_About this exercise_
The required answer is every line of the data containing the word "Prelude".
-- Opening Marker --
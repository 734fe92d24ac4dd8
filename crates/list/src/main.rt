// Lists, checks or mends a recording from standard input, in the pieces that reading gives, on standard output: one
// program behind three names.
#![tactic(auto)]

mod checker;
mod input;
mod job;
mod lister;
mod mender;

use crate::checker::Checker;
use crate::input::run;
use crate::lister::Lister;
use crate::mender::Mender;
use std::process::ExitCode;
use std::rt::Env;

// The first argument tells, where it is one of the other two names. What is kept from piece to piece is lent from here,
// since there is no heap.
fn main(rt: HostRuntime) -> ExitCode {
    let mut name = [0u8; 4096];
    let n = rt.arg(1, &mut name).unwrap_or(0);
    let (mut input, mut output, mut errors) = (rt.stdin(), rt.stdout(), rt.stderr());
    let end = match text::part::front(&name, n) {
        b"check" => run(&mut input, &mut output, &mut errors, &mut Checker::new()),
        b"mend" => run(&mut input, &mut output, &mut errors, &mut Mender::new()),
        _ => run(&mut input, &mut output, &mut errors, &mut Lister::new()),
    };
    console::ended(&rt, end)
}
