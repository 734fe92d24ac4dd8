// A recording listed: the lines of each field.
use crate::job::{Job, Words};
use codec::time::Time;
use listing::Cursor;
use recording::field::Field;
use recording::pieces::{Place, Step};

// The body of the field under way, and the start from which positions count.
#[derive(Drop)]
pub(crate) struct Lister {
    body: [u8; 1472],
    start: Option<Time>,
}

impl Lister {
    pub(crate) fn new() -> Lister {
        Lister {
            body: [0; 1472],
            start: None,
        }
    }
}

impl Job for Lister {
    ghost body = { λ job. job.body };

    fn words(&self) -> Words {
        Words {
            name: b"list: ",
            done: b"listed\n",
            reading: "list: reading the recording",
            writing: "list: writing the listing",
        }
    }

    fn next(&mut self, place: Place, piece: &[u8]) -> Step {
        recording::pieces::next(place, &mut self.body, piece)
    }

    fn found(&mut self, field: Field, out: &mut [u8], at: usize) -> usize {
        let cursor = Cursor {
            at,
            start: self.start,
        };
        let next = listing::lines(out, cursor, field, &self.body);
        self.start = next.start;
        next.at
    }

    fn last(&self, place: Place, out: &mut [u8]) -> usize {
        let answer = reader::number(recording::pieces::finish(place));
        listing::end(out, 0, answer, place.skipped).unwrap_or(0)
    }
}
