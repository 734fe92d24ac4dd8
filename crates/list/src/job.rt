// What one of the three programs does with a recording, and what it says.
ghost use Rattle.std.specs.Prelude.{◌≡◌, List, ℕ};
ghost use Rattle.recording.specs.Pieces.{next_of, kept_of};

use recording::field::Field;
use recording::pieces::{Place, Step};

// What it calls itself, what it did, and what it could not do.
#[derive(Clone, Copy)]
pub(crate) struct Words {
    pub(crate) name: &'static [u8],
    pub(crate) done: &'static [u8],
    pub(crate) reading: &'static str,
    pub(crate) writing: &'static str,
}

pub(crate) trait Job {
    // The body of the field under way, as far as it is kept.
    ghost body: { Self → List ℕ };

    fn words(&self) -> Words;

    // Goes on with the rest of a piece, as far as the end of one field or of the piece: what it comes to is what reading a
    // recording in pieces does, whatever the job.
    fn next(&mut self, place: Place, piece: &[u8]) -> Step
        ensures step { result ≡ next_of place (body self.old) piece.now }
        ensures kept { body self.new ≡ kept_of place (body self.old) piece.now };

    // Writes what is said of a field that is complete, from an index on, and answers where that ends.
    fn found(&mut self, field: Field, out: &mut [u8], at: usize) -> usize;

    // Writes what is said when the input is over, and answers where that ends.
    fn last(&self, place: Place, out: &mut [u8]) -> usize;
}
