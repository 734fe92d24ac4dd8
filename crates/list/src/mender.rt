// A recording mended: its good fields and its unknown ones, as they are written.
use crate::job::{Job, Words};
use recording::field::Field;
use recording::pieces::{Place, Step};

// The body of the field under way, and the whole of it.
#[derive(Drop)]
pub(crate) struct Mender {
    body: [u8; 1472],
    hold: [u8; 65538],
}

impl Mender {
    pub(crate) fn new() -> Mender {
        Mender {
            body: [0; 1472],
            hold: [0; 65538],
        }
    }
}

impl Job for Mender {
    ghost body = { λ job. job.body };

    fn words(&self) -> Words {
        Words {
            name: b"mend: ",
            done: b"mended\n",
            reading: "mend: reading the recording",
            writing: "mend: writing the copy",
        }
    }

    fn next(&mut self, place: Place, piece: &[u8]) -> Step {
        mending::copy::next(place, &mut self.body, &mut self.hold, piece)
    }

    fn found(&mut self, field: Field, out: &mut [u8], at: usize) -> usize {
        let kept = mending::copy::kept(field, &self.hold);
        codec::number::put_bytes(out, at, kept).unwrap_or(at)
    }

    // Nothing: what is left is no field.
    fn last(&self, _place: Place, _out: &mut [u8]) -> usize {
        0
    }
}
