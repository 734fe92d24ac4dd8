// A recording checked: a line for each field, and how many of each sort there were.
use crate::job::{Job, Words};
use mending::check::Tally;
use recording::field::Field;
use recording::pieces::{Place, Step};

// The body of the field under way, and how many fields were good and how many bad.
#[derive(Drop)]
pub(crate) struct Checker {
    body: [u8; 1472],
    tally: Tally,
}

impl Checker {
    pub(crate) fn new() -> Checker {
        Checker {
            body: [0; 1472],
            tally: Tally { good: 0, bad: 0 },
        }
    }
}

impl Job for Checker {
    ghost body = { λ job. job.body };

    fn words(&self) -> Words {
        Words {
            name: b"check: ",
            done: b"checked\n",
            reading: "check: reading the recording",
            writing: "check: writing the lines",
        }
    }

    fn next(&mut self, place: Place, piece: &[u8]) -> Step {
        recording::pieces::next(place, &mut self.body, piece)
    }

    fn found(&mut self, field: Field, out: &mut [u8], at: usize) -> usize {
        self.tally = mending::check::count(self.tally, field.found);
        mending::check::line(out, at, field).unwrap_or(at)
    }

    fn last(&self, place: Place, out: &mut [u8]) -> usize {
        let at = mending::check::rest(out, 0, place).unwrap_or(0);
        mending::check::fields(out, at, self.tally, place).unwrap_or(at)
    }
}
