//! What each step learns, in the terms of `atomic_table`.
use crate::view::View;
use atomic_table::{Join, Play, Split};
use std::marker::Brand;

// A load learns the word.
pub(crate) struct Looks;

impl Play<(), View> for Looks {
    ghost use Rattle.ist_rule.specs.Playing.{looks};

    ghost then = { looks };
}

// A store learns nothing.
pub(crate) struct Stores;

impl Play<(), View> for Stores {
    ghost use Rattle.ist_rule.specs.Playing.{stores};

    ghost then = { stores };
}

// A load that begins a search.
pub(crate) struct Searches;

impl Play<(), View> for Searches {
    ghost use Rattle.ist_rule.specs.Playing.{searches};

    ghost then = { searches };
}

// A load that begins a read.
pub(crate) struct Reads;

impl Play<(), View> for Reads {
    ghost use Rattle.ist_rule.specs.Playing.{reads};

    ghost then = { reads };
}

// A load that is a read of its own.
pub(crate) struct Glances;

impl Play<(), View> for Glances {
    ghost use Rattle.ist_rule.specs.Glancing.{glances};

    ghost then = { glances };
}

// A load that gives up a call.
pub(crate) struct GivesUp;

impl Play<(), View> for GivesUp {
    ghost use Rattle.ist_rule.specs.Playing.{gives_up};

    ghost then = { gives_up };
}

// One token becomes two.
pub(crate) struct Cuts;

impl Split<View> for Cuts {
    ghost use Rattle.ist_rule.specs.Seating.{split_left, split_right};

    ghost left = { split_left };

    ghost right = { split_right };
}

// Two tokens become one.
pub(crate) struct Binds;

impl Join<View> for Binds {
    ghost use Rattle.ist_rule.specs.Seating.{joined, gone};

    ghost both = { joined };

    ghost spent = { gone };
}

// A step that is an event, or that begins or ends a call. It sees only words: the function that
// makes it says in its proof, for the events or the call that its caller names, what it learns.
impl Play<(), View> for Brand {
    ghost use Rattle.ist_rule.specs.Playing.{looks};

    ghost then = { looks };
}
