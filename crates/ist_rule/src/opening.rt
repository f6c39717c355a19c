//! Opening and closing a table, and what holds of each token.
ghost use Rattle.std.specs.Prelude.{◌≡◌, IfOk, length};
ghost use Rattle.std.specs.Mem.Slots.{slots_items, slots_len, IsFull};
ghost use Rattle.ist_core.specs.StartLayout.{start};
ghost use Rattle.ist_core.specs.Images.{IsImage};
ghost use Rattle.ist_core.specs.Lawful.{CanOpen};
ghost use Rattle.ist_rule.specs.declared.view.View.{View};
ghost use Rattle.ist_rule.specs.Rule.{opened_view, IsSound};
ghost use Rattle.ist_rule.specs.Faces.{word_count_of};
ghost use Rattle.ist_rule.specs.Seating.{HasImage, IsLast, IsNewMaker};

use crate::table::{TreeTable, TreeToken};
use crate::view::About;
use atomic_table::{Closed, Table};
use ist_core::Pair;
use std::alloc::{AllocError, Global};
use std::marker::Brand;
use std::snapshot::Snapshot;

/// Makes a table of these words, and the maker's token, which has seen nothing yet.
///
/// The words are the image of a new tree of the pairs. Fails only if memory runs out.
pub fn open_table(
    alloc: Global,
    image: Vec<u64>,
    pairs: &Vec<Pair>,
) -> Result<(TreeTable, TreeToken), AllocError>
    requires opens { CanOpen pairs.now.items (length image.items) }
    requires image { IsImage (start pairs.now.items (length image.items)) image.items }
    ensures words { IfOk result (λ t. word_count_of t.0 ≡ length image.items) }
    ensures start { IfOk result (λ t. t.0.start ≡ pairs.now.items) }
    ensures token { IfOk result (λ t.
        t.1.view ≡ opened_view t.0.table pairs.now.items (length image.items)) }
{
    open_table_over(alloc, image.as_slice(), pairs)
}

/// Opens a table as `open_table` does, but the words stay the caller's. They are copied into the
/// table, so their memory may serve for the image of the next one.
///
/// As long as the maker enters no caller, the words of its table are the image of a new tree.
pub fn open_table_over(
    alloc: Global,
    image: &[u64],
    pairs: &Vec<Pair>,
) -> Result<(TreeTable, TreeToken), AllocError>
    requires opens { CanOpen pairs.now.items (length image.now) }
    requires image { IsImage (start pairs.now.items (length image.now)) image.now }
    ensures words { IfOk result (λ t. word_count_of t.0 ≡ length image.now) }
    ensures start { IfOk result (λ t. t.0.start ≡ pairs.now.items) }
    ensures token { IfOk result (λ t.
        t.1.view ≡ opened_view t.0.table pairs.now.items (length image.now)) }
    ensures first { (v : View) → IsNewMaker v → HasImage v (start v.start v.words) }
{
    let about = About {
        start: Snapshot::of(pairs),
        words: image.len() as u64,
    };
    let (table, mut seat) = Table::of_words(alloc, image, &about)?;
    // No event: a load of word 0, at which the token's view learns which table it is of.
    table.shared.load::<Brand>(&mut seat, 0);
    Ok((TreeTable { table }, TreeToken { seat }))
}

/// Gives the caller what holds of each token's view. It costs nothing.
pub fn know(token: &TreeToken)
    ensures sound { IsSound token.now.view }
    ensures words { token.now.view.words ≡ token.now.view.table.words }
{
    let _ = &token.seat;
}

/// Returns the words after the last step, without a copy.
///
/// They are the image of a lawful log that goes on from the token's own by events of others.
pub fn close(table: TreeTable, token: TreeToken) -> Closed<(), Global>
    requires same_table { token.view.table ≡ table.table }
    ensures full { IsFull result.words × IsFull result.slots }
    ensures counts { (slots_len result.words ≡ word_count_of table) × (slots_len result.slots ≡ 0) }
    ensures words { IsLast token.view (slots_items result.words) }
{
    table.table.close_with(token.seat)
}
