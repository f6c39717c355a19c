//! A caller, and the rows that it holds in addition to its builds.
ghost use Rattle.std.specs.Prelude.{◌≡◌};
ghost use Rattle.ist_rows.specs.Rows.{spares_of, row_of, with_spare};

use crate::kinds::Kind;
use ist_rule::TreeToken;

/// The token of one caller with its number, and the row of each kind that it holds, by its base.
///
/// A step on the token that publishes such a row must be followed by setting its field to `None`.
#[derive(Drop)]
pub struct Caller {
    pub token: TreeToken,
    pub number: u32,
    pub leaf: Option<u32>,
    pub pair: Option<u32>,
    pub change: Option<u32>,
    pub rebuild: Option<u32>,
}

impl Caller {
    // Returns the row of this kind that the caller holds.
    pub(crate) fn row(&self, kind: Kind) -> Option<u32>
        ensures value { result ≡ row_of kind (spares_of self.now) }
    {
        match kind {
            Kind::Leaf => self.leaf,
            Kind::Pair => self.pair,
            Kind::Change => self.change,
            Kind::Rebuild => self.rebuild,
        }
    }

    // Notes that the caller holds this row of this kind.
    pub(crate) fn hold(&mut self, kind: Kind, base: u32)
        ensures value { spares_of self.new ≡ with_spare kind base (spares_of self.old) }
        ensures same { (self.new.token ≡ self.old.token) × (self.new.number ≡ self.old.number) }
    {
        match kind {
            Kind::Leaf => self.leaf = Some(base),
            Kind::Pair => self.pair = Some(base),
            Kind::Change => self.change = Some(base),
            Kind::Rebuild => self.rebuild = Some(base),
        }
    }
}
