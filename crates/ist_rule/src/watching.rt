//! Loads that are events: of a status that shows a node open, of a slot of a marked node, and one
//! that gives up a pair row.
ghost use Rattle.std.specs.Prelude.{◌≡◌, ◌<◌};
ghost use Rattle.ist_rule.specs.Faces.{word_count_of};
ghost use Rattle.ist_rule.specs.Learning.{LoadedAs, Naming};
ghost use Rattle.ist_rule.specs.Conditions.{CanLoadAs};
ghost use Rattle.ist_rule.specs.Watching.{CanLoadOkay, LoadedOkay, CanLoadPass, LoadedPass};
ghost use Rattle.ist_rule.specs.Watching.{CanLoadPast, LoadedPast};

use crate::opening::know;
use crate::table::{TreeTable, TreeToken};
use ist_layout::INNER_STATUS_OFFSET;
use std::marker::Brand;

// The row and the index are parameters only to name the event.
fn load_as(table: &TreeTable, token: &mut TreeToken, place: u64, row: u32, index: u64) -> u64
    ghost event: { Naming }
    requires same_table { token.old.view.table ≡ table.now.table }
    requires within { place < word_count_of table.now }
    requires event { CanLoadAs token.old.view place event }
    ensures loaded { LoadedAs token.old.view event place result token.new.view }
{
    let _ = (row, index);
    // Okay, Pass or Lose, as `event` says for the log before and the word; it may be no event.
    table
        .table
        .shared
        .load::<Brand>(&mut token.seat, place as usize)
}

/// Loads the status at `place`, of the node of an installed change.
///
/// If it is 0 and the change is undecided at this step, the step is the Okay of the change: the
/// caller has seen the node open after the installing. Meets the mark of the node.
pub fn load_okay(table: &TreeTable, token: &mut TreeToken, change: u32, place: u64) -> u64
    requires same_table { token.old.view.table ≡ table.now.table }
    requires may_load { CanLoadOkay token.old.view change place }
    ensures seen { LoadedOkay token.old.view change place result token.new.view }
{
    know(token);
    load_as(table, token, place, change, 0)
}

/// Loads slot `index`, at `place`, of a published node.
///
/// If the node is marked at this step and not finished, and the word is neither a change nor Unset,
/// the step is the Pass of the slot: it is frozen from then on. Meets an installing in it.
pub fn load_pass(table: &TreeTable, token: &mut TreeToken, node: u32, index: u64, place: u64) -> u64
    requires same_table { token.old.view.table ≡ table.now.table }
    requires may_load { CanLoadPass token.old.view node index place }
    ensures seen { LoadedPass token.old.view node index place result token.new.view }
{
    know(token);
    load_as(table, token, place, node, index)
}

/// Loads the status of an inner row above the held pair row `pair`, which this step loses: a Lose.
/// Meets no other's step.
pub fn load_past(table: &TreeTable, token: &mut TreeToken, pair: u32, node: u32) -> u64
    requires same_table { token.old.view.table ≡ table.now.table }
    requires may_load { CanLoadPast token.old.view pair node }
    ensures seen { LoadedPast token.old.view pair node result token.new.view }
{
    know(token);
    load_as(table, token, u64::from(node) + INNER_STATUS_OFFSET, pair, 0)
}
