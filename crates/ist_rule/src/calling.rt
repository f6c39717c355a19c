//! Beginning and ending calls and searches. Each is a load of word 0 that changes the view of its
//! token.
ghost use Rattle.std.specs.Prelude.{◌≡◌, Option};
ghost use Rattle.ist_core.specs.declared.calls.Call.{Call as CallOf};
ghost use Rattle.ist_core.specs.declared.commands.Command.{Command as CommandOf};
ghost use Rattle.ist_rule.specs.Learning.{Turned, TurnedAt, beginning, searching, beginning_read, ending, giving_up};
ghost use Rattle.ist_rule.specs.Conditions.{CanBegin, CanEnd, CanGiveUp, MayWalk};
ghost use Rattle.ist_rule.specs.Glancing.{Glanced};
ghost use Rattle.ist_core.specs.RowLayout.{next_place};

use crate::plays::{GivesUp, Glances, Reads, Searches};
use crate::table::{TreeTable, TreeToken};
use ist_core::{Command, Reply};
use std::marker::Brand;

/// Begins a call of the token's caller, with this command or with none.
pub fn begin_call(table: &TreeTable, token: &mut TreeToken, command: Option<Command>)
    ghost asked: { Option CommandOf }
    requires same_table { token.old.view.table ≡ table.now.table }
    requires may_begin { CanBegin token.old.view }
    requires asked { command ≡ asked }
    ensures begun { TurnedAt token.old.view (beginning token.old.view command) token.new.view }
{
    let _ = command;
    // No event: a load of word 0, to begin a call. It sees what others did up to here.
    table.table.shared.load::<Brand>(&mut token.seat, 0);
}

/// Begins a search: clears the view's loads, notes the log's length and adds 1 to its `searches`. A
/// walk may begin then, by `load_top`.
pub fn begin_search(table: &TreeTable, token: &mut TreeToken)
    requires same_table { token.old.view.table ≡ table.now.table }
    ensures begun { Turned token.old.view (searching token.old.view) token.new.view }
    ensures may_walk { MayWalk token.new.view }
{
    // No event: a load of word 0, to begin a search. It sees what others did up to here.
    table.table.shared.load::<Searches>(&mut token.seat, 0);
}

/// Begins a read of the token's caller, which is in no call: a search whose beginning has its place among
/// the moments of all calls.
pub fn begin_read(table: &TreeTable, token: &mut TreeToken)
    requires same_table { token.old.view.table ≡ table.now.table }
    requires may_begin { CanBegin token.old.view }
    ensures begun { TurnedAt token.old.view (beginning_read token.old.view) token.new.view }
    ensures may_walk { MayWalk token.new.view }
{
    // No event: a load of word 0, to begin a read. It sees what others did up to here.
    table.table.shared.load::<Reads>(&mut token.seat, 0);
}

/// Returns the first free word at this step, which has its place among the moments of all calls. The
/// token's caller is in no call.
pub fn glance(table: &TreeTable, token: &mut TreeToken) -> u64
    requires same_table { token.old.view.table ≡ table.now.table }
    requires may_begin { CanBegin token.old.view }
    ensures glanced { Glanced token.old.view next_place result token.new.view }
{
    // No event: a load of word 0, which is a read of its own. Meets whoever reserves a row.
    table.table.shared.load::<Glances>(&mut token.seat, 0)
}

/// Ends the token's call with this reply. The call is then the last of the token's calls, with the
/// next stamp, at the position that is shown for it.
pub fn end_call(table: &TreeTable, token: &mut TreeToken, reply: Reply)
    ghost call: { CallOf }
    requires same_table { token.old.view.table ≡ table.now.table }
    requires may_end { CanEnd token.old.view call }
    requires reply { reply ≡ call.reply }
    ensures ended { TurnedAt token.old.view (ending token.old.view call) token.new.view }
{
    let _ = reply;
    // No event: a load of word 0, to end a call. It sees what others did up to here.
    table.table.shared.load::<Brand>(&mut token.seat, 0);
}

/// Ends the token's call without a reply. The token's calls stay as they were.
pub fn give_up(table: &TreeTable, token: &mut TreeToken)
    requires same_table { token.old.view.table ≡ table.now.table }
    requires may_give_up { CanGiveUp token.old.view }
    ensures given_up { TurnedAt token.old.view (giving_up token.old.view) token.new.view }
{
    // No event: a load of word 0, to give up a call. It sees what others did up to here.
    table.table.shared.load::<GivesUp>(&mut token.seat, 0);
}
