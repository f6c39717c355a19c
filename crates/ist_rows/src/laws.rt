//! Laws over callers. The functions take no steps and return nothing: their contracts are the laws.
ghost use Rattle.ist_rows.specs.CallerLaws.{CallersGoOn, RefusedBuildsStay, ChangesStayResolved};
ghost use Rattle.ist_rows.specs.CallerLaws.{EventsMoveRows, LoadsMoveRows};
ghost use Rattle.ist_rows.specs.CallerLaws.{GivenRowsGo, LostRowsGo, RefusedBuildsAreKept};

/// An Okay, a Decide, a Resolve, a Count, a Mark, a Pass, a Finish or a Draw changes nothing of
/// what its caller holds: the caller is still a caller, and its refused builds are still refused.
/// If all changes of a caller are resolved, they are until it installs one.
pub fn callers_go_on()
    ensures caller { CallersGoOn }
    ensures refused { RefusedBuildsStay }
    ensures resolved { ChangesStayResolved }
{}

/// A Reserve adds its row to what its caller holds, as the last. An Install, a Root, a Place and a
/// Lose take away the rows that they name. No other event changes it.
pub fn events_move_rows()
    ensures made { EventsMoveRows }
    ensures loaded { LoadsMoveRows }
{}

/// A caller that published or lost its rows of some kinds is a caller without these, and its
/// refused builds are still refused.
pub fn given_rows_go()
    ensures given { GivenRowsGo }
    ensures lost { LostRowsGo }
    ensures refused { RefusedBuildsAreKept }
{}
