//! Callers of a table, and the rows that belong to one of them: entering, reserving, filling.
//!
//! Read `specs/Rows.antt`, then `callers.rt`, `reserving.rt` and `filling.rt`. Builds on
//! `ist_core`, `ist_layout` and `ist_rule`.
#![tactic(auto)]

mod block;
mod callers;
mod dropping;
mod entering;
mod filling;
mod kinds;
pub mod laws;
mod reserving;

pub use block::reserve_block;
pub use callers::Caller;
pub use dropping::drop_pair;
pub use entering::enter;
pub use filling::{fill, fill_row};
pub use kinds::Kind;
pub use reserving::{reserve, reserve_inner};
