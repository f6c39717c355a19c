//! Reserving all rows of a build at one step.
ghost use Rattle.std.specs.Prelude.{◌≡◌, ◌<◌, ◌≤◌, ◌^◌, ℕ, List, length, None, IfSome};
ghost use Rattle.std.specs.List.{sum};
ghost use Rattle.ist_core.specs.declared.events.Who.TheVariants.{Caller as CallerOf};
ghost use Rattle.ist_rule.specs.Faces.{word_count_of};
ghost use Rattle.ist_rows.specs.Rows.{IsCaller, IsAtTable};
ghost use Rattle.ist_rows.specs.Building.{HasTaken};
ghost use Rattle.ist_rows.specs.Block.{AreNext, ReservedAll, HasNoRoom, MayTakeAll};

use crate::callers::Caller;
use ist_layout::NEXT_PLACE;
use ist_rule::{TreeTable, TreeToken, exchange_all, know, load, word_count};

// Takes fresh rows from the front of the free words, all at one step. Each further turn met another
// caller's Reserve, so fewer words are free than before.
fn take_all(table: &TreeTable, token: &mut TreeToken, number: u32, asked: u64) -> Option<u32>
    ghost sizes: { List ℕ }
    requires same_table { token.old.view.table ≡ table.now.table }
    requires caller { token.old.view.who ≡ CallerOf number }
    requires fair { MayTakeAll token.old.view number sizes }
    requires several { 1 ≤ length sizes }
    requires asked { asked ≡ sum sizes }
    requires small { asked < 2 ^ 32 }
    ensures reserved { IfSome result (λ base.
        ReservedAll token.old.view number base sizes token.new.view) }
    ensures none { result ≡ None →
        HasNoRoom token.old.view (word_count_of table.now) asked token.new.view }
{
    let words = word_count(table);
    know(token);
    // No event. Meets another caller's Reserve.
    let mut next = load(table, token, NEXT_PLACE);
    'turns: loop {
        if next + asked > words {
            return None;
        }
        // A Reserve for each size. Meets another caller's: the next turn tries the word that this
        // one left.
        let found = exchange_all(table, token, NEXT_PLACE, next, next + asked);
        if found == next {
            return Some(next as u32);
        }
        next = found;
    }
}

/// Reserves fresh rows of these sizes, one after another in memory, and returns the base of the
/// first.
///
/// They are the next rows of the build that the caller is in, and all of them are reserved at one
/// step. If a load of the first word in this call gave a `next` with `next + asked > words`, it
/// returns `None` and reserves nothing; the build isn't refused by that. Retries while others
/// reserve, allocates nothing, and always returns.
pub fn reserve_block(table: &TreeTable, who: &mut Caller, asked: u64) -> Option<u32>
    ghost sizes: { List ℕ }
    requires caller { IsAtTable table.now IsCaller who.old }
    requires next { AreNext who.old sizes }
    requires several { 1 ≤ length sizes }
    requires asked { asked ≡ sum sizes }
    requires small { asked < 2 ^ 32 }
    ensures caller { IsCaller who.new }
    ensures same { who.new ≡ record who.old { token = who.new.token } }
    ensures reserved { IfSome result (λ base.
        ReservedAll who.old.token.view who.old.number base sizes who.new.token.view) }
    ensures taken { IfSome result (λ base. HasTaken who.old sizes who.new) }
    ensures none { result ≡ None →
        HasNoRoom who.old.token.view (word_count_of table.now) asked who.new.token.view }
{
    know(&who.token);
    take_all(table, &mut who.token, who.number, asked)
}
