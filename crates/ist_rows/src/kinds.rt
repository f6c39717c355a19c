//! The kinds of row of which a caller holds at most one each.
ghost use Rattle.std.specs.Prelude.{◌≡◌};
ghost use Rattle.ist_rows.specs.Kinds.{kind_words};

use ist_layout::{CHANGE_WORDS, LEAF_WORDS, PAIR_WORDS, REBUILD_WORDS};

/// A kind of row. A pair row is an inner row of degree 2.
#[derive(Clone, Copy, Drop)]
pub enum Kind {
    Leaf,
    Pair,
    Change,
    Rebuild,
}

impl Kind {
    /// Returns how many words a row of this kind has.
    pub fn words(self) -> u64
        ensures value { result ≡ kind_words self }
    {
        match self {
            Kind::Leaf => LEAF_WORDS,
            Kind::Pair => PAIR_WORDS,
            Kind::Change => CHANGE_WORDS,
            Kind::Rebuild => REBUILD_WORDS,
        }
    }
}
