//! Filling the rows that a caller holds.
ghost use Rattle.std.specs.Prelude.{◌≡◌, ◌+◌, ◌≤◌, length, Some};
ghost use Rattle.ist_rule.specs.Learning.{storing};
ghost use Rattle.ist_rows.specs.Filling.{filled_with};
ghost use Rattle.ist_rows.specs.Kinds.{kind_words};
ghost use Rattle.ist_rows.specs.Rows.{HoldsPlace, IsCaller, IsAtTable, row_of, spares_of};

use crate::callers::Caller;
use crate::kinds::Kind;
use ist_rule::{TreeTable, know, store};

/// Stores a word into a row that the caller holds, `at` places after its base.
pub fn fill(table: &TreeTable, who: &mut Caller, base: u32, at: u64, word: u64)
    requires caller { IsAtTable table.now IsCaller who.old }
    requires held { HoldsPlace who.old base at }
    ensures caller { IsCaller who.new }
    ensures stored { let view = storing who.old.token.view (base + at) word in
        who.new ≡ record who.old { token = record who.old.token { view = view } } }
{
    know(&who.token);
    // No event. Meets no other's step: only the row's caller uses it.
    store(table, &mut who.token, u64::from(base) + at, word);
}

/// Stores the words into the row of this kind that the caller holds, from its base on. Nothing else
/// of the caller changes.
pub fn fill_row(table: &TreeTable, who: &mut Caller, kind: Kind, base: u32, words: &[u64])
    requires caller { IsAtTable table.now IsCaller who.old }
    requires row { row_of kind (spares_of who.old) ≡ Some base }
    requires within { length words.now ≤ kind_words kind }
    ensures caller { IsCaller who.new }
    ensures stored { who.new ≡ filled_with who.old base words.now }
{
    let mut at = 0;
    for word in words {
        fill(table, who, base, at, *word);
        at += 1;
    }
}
-- Closing Marker --
_Exercise solution_
ghost use Rattle.std.specs.Prelude.{◌≡◌, List, ℕ};
ghost use Rattle.std.specs.Prelude.{◌≡◌, IfOk, length};
ghost use Rattle.std.specs.Prelude.{◌≡◌};
ghost use Rattle.std.specs.Prelude.{◌≡◌, ◌<◌};
ghost use Rattle.std.specs.Prelude.{◌≡◌, Option};
ghost use Rattle.std.specs.Prelude.{◌≡◌, ◌<◌, ◌≤◌, ◌^◌, ℕ, List, length, None, IfSome};
ghost use Rattle.std.specs.Prelude.{◌≡◌};
ghost use Rattle.std.specs.Prelude.{◌≡◌, ◌+◌, ◌≤◌, length, Some};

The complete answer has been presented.